Do I just go to my local corporate VZW store to get one??


----------



## Grnlantern79 (Aug 12, 2011)

"jlank said:


> Do I just go to my local corporate VZW store to get one??


Yes, for free I believe


----------



## jlank (Jun 7, 2011)

Cool thank you all for the help. I'll try that and we'll see what happens!


----------



## Grnlantern79 (Aug 12, 2011)

"Adrynalyne said:


> Should work fine on a Sense rom (using the stock dialer).

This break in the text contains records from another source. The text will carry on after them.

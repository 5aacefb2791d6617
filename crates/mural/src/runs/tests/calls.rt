// Public calls of the crates below that no command makes yet, each once.

ghost use Rattle.std.specs.Prelude.{◌<◌, ◌^◌, length};

use mu_decl::{
    Abstraction, Bare, Bares, Binders, DeltaRule, Variables, delta_of, enter, instantiate, opened,
    same, translate, unfolded,
};
use mu_grammar::TextFault;
use mu_print::{print_box, print_claim, print_head, print_tree, print_why};
use mu_text::{read_box, read_claim, read_head, read_tree, read_why};
use mu_tree::{Bytes, Definition, Name, Names, Table};
use std::alloc::Global;
use std::test::Fail;

#[test]
fn reads_and_prints_parts(rt: HostRuntime) -> Result<(), Fail> {
    let alloc = rt.alloc();
    let tree = read_tree(alloc, b"forall{x:T. not p(x)=>(?m [x])=y}")?;
    assert_eq!(rt; (tree.size(), tree.depth()), (10, 5));
    assert_eq!(rt; tree.names(alloc)?.len(), 8);
    let text = print_tree(alloc, &tree)?;
    assert!(rt; text.items() == b"forall{x:T. not p(x) => ?m[x] = y}".as_slice());
    let claim = print_claim(alloc, &read_claim(alloc, b"((p)and(q))and(r);q|-p")?)?;
    assert!(rt; claim.items() == b"p and q and r; q |- p".as_slice());
    let why = print_why(
        alloc,
        &read_why(alloc, b"rule r from l,#12 with ?m[x]:=(x)")?,
    )?;
    assert!(rt; why.items() == b"rule r from l, #12 with ?m[x] := x".as_slice());
    Ok(())
}

/// The canonical text of what a box begins with.
fn box_text(alloc: Global, text: &[u8]) -> Result<Bytes, Fail>
    requires { length text.now < 2 ^ 31 }
{
    let (vars, assumptions) = read_box(alloc, text)?;
    Ok(print_box(alloc, &vars, &assumptions)?)
}

/// The canonical text of a head.
fn head_text(alloc: Global, text: &[u8], op: bool) -> Result<Bytes, Fail>
    requires { length text.now < 2 ^ 31 }
{
    let (name, head) = read_head(alloc, text, op)?;
    Ok(print_head(alloc, &name, &head)?)
}

#[test]
fn reads_and_prints_boxes_and_heads(rt: HostRuntime) -> Result<(), Fail> {
    let alloc = rt.alloc();
    let text = box_text(alloc, b"x:N,y:(V(x))|(p),imp(p,q)")?;
    assert!(rt; text.items() == b"x:N, y:V(x) | p, p => q".as_slice());
    let text = head_text(alloc, b"f(x:N,y:(V(x)))old s new t result r:N", true)?;
    assert!(rt; text.items() == b"f(x:N, y:V(x)) old s new t result r:N".as_slice());
    let text = head_text(alloc, b"f( )result r:(N)", false)?;
    assert!(rt; text.items() == b"f() result r:N".as_slice());
    Ok(())
}

#[test]
fn refuses_parts_that_end_too_early(rt: HostRuntime) {
    let alloc = rt.alloc();
    assert!(rt; matches!(read_why(alloc, b"same"), Err(TextFault::Syntax(5))));
    assert!(rt; matches!(read_box(alloc, b"x:N"), Err(TextFault::Syntax(4))));
    assert!(rt; matches!(read_head(alloc, b"f()", true), Err(TextFault::Syntax(4))));
}

/// The nameless tree of a text.
fn entered(alloc: Global, text: &[u8]) -> Result<Bare, Fail>
    requires { length text.now < 2 ^ 31 }
{
    let tree = read_tree(alloc, text)?;
    Ok(enter(alloc, &tree, &Variables::new(alloc), &Binders::new(alloc))?)
}

/// The nameless tree of a text in which the variable `x` is bound outside.
fn entered_under(alloc: Global, text: &[u8]) -> Result<Bare, Fail>
    requires { length text.now < 2 ^ 31 }
{
    let mut bound = Binders::new(alloc);
    bound.push(alloc, &Name::read(alloc, b"x")?)?;
    let tree = read_tree(alloc, text)?;
    Ok(enter(alloc, &tree, &Variables::new(alloc), &bound)?)
}

/// What stands for `?P[x]`.
fn abstraction(alloc: Global) -> Result<Vec<Abstraction>, Fail> {
    let mut given = Vec::new(alloc);
    given.push(Abstraction {
        meta: Name::read(alloc, b"P")?,
        count: 1,
        body: entered_under(alloc, b"forall{y:T. x = y}")?,
    })?;
    Ok(given)
}

/// The definition `d(x) = x and x`.
fn definition(alloc: Global) -> Result<DeltaRule, Fail> {
    let mut params = Names::new(alloc);
    params.push(Name::read(alloc, b"x")?)?;
    let body = read_tree(alloc, b"x and x")?;
    Ok(delta_of(
        alloc,
        &Name::read(alloc, b"d")?,
        &Definition { params, body },
    )?)
}

#[test]
fn opens_and_translates(rt: HostRuntime) -> Result<(), Fail> {
    let alloc = rt.alloc();
    let mut by = Bares::new(alloc);
    by.push(entered(alloc, b"q")?)?;
    let at = opened(alloc, &entered_under(alloc, b"x = p")?, &by)?;
    assert!(rt; same(&at, &entered(alloc, b"q = p")?));
    let mut names = Table::new(alloc);
    names.put(Name::read(alloc, b"f")?, Name::read(alloc, b"g")?)?;
    let renamed = translate(alloc, &entered(alloc, b"f(p)")?, &names)?;
    assert!(rt; same(&renamed, &entered(alloc, b"g(p)")?));
    Ok(())
}

#[test]
fn unfolds_and_instantiates(rt: HostRuntime) -> Result<(), Fail> {
    let alloc = rt.alloc();
    let twice = unfolded(alloc, &entered(alloc, b"d(d(p))")?, &definition(alloc)?)?;
    assert!(rt; same(&twice, &entered(alloc, b"(p and p) and (p and p)")?));
    let given = abstraction(alloc)?;
    let instance = instantiate(alloc, &entered(alloc, b"?P[y]")?, given.as_slice())?;
    assert!(rt; same(&instance, &entered(alloc, b"forall{z:T. y = z}")?));
    Ok(())
}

So since BAMF are like the rockstars of development, have you ever been somwhere in a yelling match with someone and when they pull out their phone to have you removed you notice the BAMF pull up lock screen running sense 3.0 on his thunderbolt do you pull the old line....."do you know who I am?"


----------



## jlank (Jun 7, 2011)

[quote name='"Adrynalyne"']Try disabling EHRPD.

Dial ##778#

Go to Edit Mode.

Password is 000000.

Go to Modem Settings.

Tap Rev. A. Set it to Enable, instead of eHRPD. Hit menu and tap Commit Modifications.

It will reboot you shortly after.

Nm didn't work


----------



## jlank (Jun 7, 2011)

Ok data is in and out. But better than before.


----------



## MrKleen (Jul 14, 2011)

Data has been terrible the past week on the new radio.


----------



## RichSimplicity (Aug 10, 2011)

I've been on the new mr3 radio and haven't had any data problems.


----------



## Adrynalyne (Jun 22, 2011)

MrKleen said:


> Data has been terrible the past week on the new radio.


It isn't the radio, its the network.


----------